Florestan via um potencial revolucionário se e quando os brasileiros percebessem a força da combinação das lutas de raça e de classes. Ou, em outras palavras, enquanto não surgir uma consciência coletiva de que é preciso superar o “dilema racial brasileiro”, o País estará fadado a perder cada uma das batalhas (raciais, classistas, feministas, secundaristas etc.) contra a ordem burguesa do capitalismo.

É por essa razão que continuamos a ver negros sofrendo dos problemas seculares herdados de uma abolição dos escravos que abandonou à própria sorte uma massa de trabalhadores, assim como pobres brancos que, embora passem longe dos problemas de preconceito, discriminação ou racismo, não têm poder para enfrentar as relações desiguais entre patrões e empregados. “Proletários de todas as raças do mundo, uni-vos”, conclamava o sociólogo, para que negros e brancos pudessem forjar a sua sociedade, e não a dos capitalistas.

Significado do Protesto Negro foi publicado pela Editora Cortez/Autores Associados, em 1989, e contém ensaios sobre a questão do negro produzidos por Florestan Fernandes.
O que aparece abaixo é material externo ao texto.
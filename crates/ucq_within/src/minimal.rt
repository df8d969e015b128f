//! A store's query without atoms that its rules make needless.
ghost use Rattle.std.specs.Prelude.{◌<◌, ◌↔◌, IfOk, IsTrue, length};
ghost use Rattle.ucq_terms.specs.declared.Term.{Term as TermValue};
ghost use Rattle.std.specs.List.{remove};
ghost use Rattle.ucq_terms.specs.Syntax.{IsSafe, OccursIn};
ghost use Rattle.ucq_hom.specs.Space.{IsClear};
ghost use Rattle.ucq_within.specs.Minimal.{IsHeldWithout, IsMinimised, MaySpare, without};

use crate::containment::first_covering;
use ucq_chase::sound_is_carried;
use ucq_hom::HomSpace;
use ucq_store::Store;
use ucq_store::laws::finished_is_exact;
use ucq_terms::{Atom, NoMemory, Query, Term};

/// The query of the store's problem with atoms left out: from the last to the first, an atom is left out where another one
/// remains, the rest is safe, and a row of the store covers the rest. Under the rules it has the answers of the problem's
/// query; where the store is finished, no query of some of its atoms has. The space is left clear. Takes a search for each
/// atom and each row. Want of memory is the one error.
pub fn minimise(space: &mut HomSpace, of: &Store) -> Result<Query, NoMemory>
    ensures left { IfOk result (IsMinimised of.now) }
    ensures clear { IsClear space.new }
{
    sound_is_carried();
    finished_is_exact();
    space.clear();
    let mut query = of.problem().query().copy()?;
    // A reader tells that the store is lawful.
    let _ = of.rows();
    let mut place = query.atoms().len() as u32;
    while place > 0 {
        place -= 1;
        if may_spare(space, of, &query, place)? {
            query.remove_atom(place);
        }
    }
    Ok(query)
}

/// Whether the query without the atom at the place has an atom, is safe, and is covered by a row of the store.
fn may_spare(space: &mut HomSpace, of: &Store, query: &Query, place: u32) -> Result<bool, NoMemory>
    requires place { place < length query.now.atoms }
    requires clear { IsClear space.old }
    ensures may { IfOk result (λ may. IsTrue may ↔ MaySpare of.now query.now place) }
    ensures clear { IsClear space.new }
{
    if query.atoms().len() == 1 || !is_safe_without(query, place) {
        return Ok(false);
    }
    let mut rest = query.copy()?;
    rest.remove_atom(place);
    Ok(first_covering(space, of, &rest).is_some())
}

/// Whether each variable of the answer list occurs in an atom at another place.
fn is_safe_without(query: &Query, place: u32) -> bool
    requires within { place < length query.now.atoms }
    requires others { 1 < length query.now.atoms }
    ensures { IsTrue result ↔ IsSafe (without query.now place) }
{
    for term in query.answers() {
        if !is_held_without(query.atoms(), place, *term) {
            return false;
        }
    }
    true
}

/// Whether the term is a constant, or occurs in an atom at another place.
fn is_held_without(atoms: &[Atom], place: u32, term: Term) -> bool
    requires { place < length atoms.now }
    ensures { IsTrue result ↔ IsHeldWithout atoms.now place term }
{
    match term {
        Term::Constant(_) => true,
        Term::Variable(_) => occurs_without(atoms, place, term),
    }
}

/// Whether the term occurs in an atom at another place.
fn occurs_without(atoms: &[Atom], place: u32, term: Term) -> bool
    requires { place < length atoms.now }
    ensures { IsTrue result ↔ OccursIn (remove atoms.now place) term }
{
    let place = place as usize;
    occurs(&atoms[..place], term) || occurs(&atoms[place + 1..], term)
}

/// Whether the term stands in one of the atoms.
pub(crate) fn occurs(atoms: &[Atom], term: Term) -> bool
    ensures { IsTrue result ↔ OccursIn atoms.now term }
{
    atoms.iter().any(|atom| atom.terms().contains(&term))
}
Nesta reedição, que será a primeira a ser entregue no Clube do Livro da Editora Expressão Popular, foram reproduzidos os textos da primeira versão e mais três outros, publicados separadamente, como a íntegra da emenda constitucional em que ele defendia uma proposta de reparação ao povo negro.

Em lugar de uma visão paternalista, o sociólogo buscava engajar os movimentos negros numa luta mais radical para combater as desigualdades sociais. Entendia que “a revolução dentro da ordem é insuficiente para eliminar as equidades econômicas, educacionais, culturais e políticas”. 

A relação de Florestan com a militância do movimento negro brasileiro surgiu a partir de fins da década de 1940. Foi quando ele recebeu convite do antropólogo francês Roger Bastide, um estudioso das religiões africanas no Brasil, para participar de um projeto de pesquisa da Unesco em São Paulo.

O resultado desse estudo, contudo, foi diverso do pretendido pela Unesco, que procurava mapear as distinções do preconceito existente nos Estados Unidos e no Brasil. A pesquisa de Bastide e Florestan mostrou que o preconceito não só existia como também “guardava profundas raízes com a escravidão e, o que é muito significativo, também o seu fim”, anotou o jornalista e editor Haroldo Ceravolo Sereza, autor de uma biografia do sociólogo (Florestan, a Inteligência Militante, Boitempo, 2005).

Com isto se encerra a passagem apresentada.